╭─ Provided records

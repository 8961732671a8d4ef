//! Grabs of popups: by which serials they are taken, and what becomes of a popup whose grab is
//! refused (xdg-shell.xml, xdg_popup.grab).

use crate::parts::{Case, Part};
use crate::pointing::{PRESS, RELEASE, SECOND_PRESS, TO_NOTHING};
use crate::support::{
    ATTACH_18, BUFFER_18, COMMIT_14, DETACH_14, GET_POPUP, PLACED, RELEASED_18,
    missed_after_toplevel,
};
use test_rows::asks::Ask;
use test_rows::events::Event;
use test_rows::rows::{Pixel, Row};
use wl_session::{Cause, Fed};

/// xdg_popup.popup_done of the popup 17.
pub(crate) const DISMISSED: Event = Event::PopupDone(17);

/// The popup 17 is made.
pub(crate) const GETS: &[Row] = &[Row::Sends(GET_POPUP), Row::Silent(1)];

/// It grabs with the serial of the first press, or of its release: nothing is told of it.
pub(crate) const GRAB_3: Ask = Ask::Grab(17, 12, 3);

const GRAB_4: Ask = Ask::Grab(17, 12, 4);

pub(crate) const GRABS: &[Row] = &[Row::Untold(GRAB_3)];

const GRABS_4: &[Row] = &[Row::Untold(GRAB_4)];

/// With these serials its grab is refused, and it is dismissed at once.
const REFUSED_3: &[Row] = &[Row::Accepts(GRAB_3, &[DISMISSED])];

const REFUSED_4: &[Row] = &[Row::Accepts(GRAB_4, &[DISMISSED])];

const REFUSED_2: &[Row] = &[Row::Accepts(Ask::Grab(17, 12, 2), &[DISMISSED])];

/// The serial of the toplevel's first configure is none of a press.
const GRAB_1: Ask = Ask::Grab(17, 12, 1);

const REFUSED_1: &[Row] = &[Row::Accepts(GRAB_1, &[DISMISSED])];

const REFUSED_5: &[Row] = &[Row::Accepts(Ask::Grab(17, 12, 5), &[DISMISSED])];

/// A popup that was dismissed isn't configured, nor is it shown: its commits have no effect.
pub(crate) const STAYS_DISMISSED: &[Row] = &[
    Row::Untold(COMMIT_14),
    Row::Sends(BUFFER_18),
    Row::Sends(ATTACH_18),
    Row::Untold(COMMIT_14),
    Row::Shows(0, 0, &[Pixel(40, 40, 0, 0, 0)]),
];

/// Nor is it told again that it was dismissed, whatever it grabs with.
pub(crate) const GRABS_DISMISSED: &[Row] = &[
    Row::Untold(GRAB_3),
    Row::Untold(GRAB_4),
    Row::Untold(COMMIT_14),
];

/// The popup is placed and mapped after that, with the serial 5 of its configure where a press and
/// its release were told.
pub(crate) const MAPS_5: &[Row] = &[
    Row::Accepts(COMMIT_14, &[PLACED, Event::Configure(15, 5)]),
    Row::Sends(Ask::AckConfigure(15, 5)),
    Row::Sends(BUFFER_18),
    Row::Sends(ATTACH_18),
    Row::Sends(COMMIT_14),
    Row::Silent(1),
    Row::Shows(
        64,
        64,
        &[Pixel(40, 40, 255, 0, 0), Pixel(47, 47, 255, 0, 0)],
    ),
];

/// The pointer leaves the toplevel for where nothing is, and a press there dismisses the popup: its
/// points are painted, and no others. Another press
/// dismisses nothing.
pub(crate) const DISMISSES: &[Row] = &[
    TO_NOTHING,
    Row::ToldOf(1, &[Event::Leave(13, 6, 6)]),
    PRESS,
    Row::ToldOf(1, &[DISMISSED]),
    Row::Shows(
        64,
        64,
        &[
            Pixel(40, 40, 0, 0, 0),
            Pixel(47, 47, 0, 0, 0),
            Pixel(39, 39, 255, 0, 0),
        ],
    ),
    RELEASE,
    Row::Silent(1),
    PRESS,
    Row::Silent(1),
    Row::Paints(0, 0),
];

/// The second button is pressed and told with the serial 4, so that the press before it isn't the
/// latest.
const PRESSES_SECOND: &[Row] = &[
    SECOND_PRESS,
    Row::ToldOf(1, &[Event::Button(13, 4, 15, 273, 1)]),
];

/// The button is pressed and released again, with the serials 5 and 6.
const PRESSES_AGAIN: &[Row] = &[PRESS, Row::Takes, RELEASE, Row::Takes];

/// A press of a button that is down, or a release of one that isn't, is ignored, and the serials
/// stay.
const PRESSES_IN_VAIN: &[Row] = &[RELEASE, Row::Silent(1)];

/// A popup that is mapped can't grab: its client ends, and its windows go.
const GRABS_MAPPED: &[Row] = &[
    Row::Paints(64, 64),
    Row::Errs(GRAB_1, 17, 0),
    Row::ErrorTold(17, 0, b"invalid_grab"),
    Row::Is(
        1,
        Fed::Ended(Cause::Protocol {
            object: 17,
            code: 0,
        }),
    ),
    Row::Shows(1664, 1664, &[Pixel(0, 0, 0, 0, 0), Pixel(40, 40, 0, 0, 0)]),
];

/// The mapped popup with a grab can't grab once more.
const GRABS_MAPPED_AGAIN: &[Row] = &[
    Row::Errs(GRAB_4, 17, 0),
    Row::ErrorTold(17, 0, b"invalid_grab"),
];

/// The toplevel goes, and the popup with it; its grab has no effect then, however right its serial
/// is. The pointer leaves the toplevel's surface.
const TOPLEVEL_GOES: &[Row] = &[Row::Accepts(
    Ask::ToplevelDestroy(8),
    &[Event::DeleteId(8), DISMISSED, Event::Leave(13, 5, 6)],
)];

/// The popup with a grab is unmapped, which ends the grab.
const UNMAPS: &[Row] = &[
    Row::Sends(DETACH_14),
    Row::Accepts(COMMIT_14, &[RELEASED_18]),
    Row::Shows(64, 64, &[Pixel(40, 40, 0, 0, 0)]),
];

/// It is mapped again, with the next configure.
const MAPS_AGAIN: &[Row] = &[
    Row::Accepts(COMMIT_14, &[PLACED, Event::Configure(15, 6)]),
    Row::Sends(Ask::AckConfigure(15, 6)),
    Row::Sends(ATTACH_18),
    Row::Sends(COMMIT_14),
    Row::Shows(64, 64, &[Pixel(40, 40, 255, 0, 0)]),
];

/// The pointer leaves the toplevel after that.
const LEAVES_LATER: &[Row] = &[TO_NOTHING, Row::ToldOf(1, &[Event::Leave(13, 7, 6)])];

const LEAVES_UNMAPPED: &[Row] = &[TO_NOTHING, Row::ToldOf(1, &[Event::Leave(13, 6, 6)])];

/// A press where nothing is dismisses the popup that is mapped again and grabbed anew.
const DISMISSES_LATER: &[Row] = &[
    PRESS,
    Row::ToldOf(1, &[DISMISSED]),
    Row::Shows(64, 64, &[Pixel(40, 40, 0, 0, 0)]),
];

/// xdg_popup.destroy of the popup with a grab.
const POPUP_GOES: &[Row] = &[
    Row::Accepts(Ask::PopupDestroy(17), &[Event::DeleteId(17)]),
    Row::Shows(64, 64, &[Pixel(40, 40, 0, 0, 0)]),
];

/// The popup isn't mapped yet, and was not placed: a press where nothing is dismisses it all the
/// same, and nothing is painted.
pub(crate) const DISMISSES_UNMAPPED: &[Row] = &[
    PRESS,
    Row::ToldOf(1, &[DISMISSED]),
    Row::Paints(0, 0),
];

/// By the serials of a press and of a release, and by none.
const BY_PRESS_OR_RELEASE: &[Case] = &[
    (
        "taken with the serial of the press",
        &[
            Part::Seated,
            Part::Presses,
            Part::Surface,
            Part::Positioner,
            Part::Gets,
            Part::Grabs,
            Part::Releases,
            Part::MapsGrabbing,
            Part::Dismisses,
        ],
    ),
    (
        "taken with it after the release",
        &[
            Part::Seated,
            Part::Presses,
            Part::Releases,
            Part::Surface,
            Part::Positioner,
            Part::Gets,
            Part::Grabs,
            Part::MapsGrabbing,
            Part::Dismisses,
        ],
    ),
    (
        "taken with the serial of the release",
        &[
            Part::Seated,
            Part::Presses,
            Part::Releases,
            Part::Surface,
            Part::Positioner,
            Part::Gets,
            Part::Own(GRABS_4),
            Part::MapsGrabbing,
            Part::Dismisses,
        ],
    ),
    (
        "refused before any press, with the serial of a configure",
        &[
            Part::Seated,
            Part::Surface,
            Part::Positioner,
            Part::Gets,
            Part::Own(REFUSED_1),
            Part::StaysDismissed,
        ],
    ),
];

/// By serials of other events, and by the latest of two presses.
const BY_OTHER_SERIALS: &[Case] = &[
    (
        "refused before any press, with a serial that comes later",
        &[
            Part::Seated,
            Part::Surface,
            Part::Positioner,
            Part::Gets,
            Part::Own(REFUSED_3),
            Part::Presses,
            Part::GrabsDismissed,
        ],
    ),
    (
        "refused with the serial of wl_pointer.enter",
        &[
            Part::Seated,
            Part::Presses,
            Part::Releases,
            Part::Surface,
            Part::Positioner,
            Part::Gets,
            Part::Own(REFUSED_2),
            Part::StaysDismissed,
            Part::GrabsDismissed,
        ],
    ),
    (
        "refused with a serial to come",
        &[
            Part::Seated,
            Part::Presses,
            Part::Releases,
            Part::Surface,
            Part::Positioner,
            Part::Gets,
            Part::Own(REFUSED_5),
            Part::StaysDismissed,
        ],
    ),
    (
        "refused with the serial of the press before the latest",
        &[
            Part::Seated,
            Part::Presses,
            Part::Own(PRESSES_SECOND),
            Part::Surface,
            Part::Positioner,
            Part::Gets,
            Part::Own(REFUSED_3),
            Part::StaysDismissed,
        ],
    ),
    (
        "taken with that of the latest of two presses",
        &[
            Part::Seated,
            Part::Presses,
            Part::Own(PRESSES_SECOND),
            Part::Surface,
            Part::Positioner,
            Part::Gets,
            Part::Own(GRABS_4),
        ],
    ),
];

/// By one before the latest, and of popups that are mapped.
const BY_THE_LATEST: &[Case] = &[
    (
        "refused with the serial of the release before the latest",
        &[
            Part::Seated,
            Part::Presses,
            Part::Releases,
            Part::Own(PRESSES_AGAIN),
            Part::Surface,
            Part::Positioner,
            Part::Gets,
            Part::Own(REFUSED_4),
            Part::StaysDismissed,
        ],
    ),
    (
        "taken where what came after it is ignored",
        &[
            Part::Seated,
            Part::Presses,
            Part::Releases,
            Part::Own(PRESSES_IN_VAIN),
            Part::Surface,
            Part::Positioner,
            Part::Gets,
            Part::Grabs,
            Part::MapsGrabbing,
            Part::Dismisses,
        ],
    ),
    (
        "a popup that is mapped can't grab",
        &[
            Part::Surface,
            Part::Positioner,
            Part::Popup,
            Part::PopupMaps,
            Part::Seated,
            Part::Own(GRABS_MAPPED),
        ],
    ),
    (
        "not even with a grab, and with the right serial",
        &[
            Part::Seated,
            Part::Presses,
            Part::Releases,
            Part::Surface,
            Part::Positioner,
            Part::Gets,
            Part::Grabs,
            Part::MapsGrabbing,
            Part::Own(GRABS_MAPPED_AGAIN),
        ],
    ),
];

/// Of popups that were dismissed, or have a grab.
const ASKED_AGAIN: &[Case] = &[
    (
        "a popup that was dismissed can't grab",
        &[
            Part::Seated,
            Part::Presses,
            Part::Releases,
            Part::Surface,
            Part::Positioner,
            Part::Gets,
            Part::Own(TOPLEVEL_GOES),
            Part::GrabsDismissed,
        ],
    ),
    (
        "a second request is judged by itself",
        &[
            Part::Seated,
            Part::Presses,
            Part::Releases,
            Part::Surface,
            Part::Positioner,
            Part::Gets,
            Part::Grabs,
            Part::Own(GRABS_4),
            Part::Own(REFUSED_2),
            Part::StaysDismissed,
        ],
    ),
    (
        "dismissed before it is mapped",
        &[
            Part::Seated,
            Part::Presses,
            Part::Releases,
            Part::Surface,
            Part::Positioner,
            Part::Gets,
            Part::Grabs,
            Part::Leaves,
            Part::DismissesUnmapped,
        ],
    ),
];

/// Of popups that are unmapped or destroyed.
const ENDED: &[Case] = &[
    (
        "unmapped without its grab",
        &[
            Part::Seated,
            Part::Presses,
            Part::Releases,
            Part::Surface,
            Part::Positioner,
            Part::Gets,
            Part::Grabs,
            Part::MapsGrabbing,
            Part::Own(UNMAPS),
            Part::Own(LEAVES_UNMAPPED),
            Part::ClicksNothing,
        ],
    ),
    (
        "mapped again without it",
        &[
            Part::Seated,
            Part::Presses,
            Part::Releases,
            Part::Surface,
            Part::Positioner,
            Part::Gets,
            Part::Grabs,
            Part::MapsGrabbing,
            Part::Own(UNMAPS),
            Part::Own(MAPS_AGAIN),
            Part::Own(LEAVES_LATER),
            Part::ClicksNothing,
        ],
    ),
    (
        "mapped again with another",
        &[
            Part::Seated,
            Part::Presses,
            Part::Releases,
            Part::Surface,
            Part::Positioner,
            Part::Gets,
            Part::Grabs,
            Part::MapsGrabbing,
            Part::Own(UNMAPS),
            Part::Grabs,
            Part::Own(MAPS_AGAIN),
            Part::Own(LEAVES_LATER),
            Part::Own(DISMISSES_LATER),
        ],
    ),
    (
        "destroyed with its grab",
        &[
            Part::Seated,
            Part::Presses,
            Part::Releases,
            Part::Surface,
            Part::Positioner,
            Part::Gets,
            Part::Grabs,
            Part::MapsGrabbing,
            Part::Own(POPUP_GOES),
            Part::Own(LEAVES_UNMAPPED),
            Part::ClicksNothing,
        ],
    ),
];

#[test]
fn grabs_by_press_and_release_are_as_worked(rt: HostRuntime) {
    assert_eq!(rt;
        missed_after_toplevel(rt.alloc(), BY_PRESS_OR_RELEASE),
        None
    );
}

#[test]
fn grabs_by_other_serials_are_as_worked(rt: HostRuntime) {
    assert_eq!(rt; missed_after_toplevel(rt.alloc(), BY_OTHER_SERIALS), None);
}

#[test]
fn grabs_by_the_latest_are_as_worked(rt: HostRuntime) {
    assert_eq!(rt; missed_after_toplevel(rt.alloc(), BY_THE_LATEST), None);
}

#[test]
fn grabs_that_are_asked_again_are_as_worked(rt: HostRuntime) {
    assert_eq!(rt; missed_after_toplevel(rt.alloc(), ASKED_AGAIN), None);
}

#[test]
fn grabs_that_end_are_as_worked(rt: HostRuntime) {
    assert_eq!(rt; missed_after_toplevel(rt.alloc(), ENDED), None);
}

╰─

### Exercise
Some lines of the records may contain the string "Accepts". State how many do, as a number alone.

### Solution to this exercise
10